Bastaba ver cómo quedaba la isla San Lorenzo, a la que inmortalicé en mi
Instagram. Claro, más de uno podría decir que este impacto visual es cosa de
todos los veranos, pero no. El cambio climático viene generando esta clase de
espectáculos que bien haríamos en aprovechar.

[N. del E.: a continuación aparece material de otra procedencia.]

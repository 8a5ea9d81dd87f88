ghost use Rattle.std.specs.Prelude.{◌≡◌, [], None, IfOk, OnErr, MatchBool};
ghost use Rattle.signal_store.specs.definitions.Handed.{handed, IsAdded, IsRefused};

use java_values::NoMemory;
use std::alloc::Global;
use std::collections::BTreeMap;
use std::marker::Model;

/// A signal, and a tick of its domain.
#[derive(Clone, Copy, Debug, PartialEq, Eq, PartialOrd, Ord, Drop)]
struct Moment {
    signal: u32,
    tick: u32,
}

/// What is handed in from outside: for each signal, and each tick of its domain, a number or nothing.
#[derive(Drop)]
pub struct Inputs {
    numbers: BTreeMap<Moment, i64>,
}

impl Model for Inputs {
    ghost use Rattle.std.specs.Prelude.{List, ℤ};
    ghost use Rattle.signal_store.specs.declared.inputs.Moment.{Moment};

    ghost Value = { List (Moment × ℤ) };

    ghost view = { λ i. i.numbers.entries };
}

impl Inputs {
    /// Nothing is handed in.
    pub fn new(alloc: Global) -> Inputs
        ensures { result ≡ [] }
    {
        Inputs {
            numbers: BTreeMap::new(alloc),
        }
    }

    /// Hands in a number for the signal at the tick. The answer is false, and nothing changes, exactly
    /// where a number is there.
    pub fn add(&mut self, signal: u32, tick: u32, n: i64) -> Result<bool, NoMemory>
        ensures ok { IfOk result (λ added. MatchBool added (IsAdded self.old self.new signal tick n)
            (IsRefused self.old self.new signal tick)) }
        ensures err { OnErr result (self.new ≡ self.old) }
    {
        if self.at(signal, tick).is_some() {
            return Ok(false);
        }
        let moment = Moment { signal, tick };
        if self.numbers.insert(moment, n).is_err() {
            return Err(NoMemory);
        }
        Ok(true)
    }

    /// The number that is handed in for the signal at the tick.
    pub fn at(&self, signal: u32, tick: u32) -> Option<i64>
        ensures { result ≡ handed self.now signal tick }
    {
        self.numbers.get(&Moment { signal, tick }).copied()
    }
}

Luego de la contemplación del crepúsculo
y alucinar que la isla cercenada podría motivar más de un relato de terror, me
encaminé al Juanito, pero no por unas chelas, sino por algo simple, nutritivo
de acuerdo a las exigencias del capricho: una Coca Cola y un pan con jamón del
país. Sin embargo, mientras caminaba no podía ser ajeno a la indignación que me
producía el Cristo del Pacífico, el regalo de Odebrecht al Perú durante el
segundo gobierno de Alan García. Verlo iluminado, como si fuera una presencia
benigna, no era más que una burla, una burla al trabajo honesto de millones de
peruanos. No resulta gratuita la ola de indignación que viene motivando más de
una protesta.
Si yo fuera el alcalde de Chorrillos, lo
sacaría del espacio que ocupa en el Morro Solar, sin importar si me compete
hacerlo o no. Si no tengo la suficiente moral para llevar a cabo ese acto, por
lo menos me animaría el aplauso social de cara a las próximas elecciones
municipales. Un acto como ese generaría más de un adhesión ciudadana. Hay que
pensar, pues.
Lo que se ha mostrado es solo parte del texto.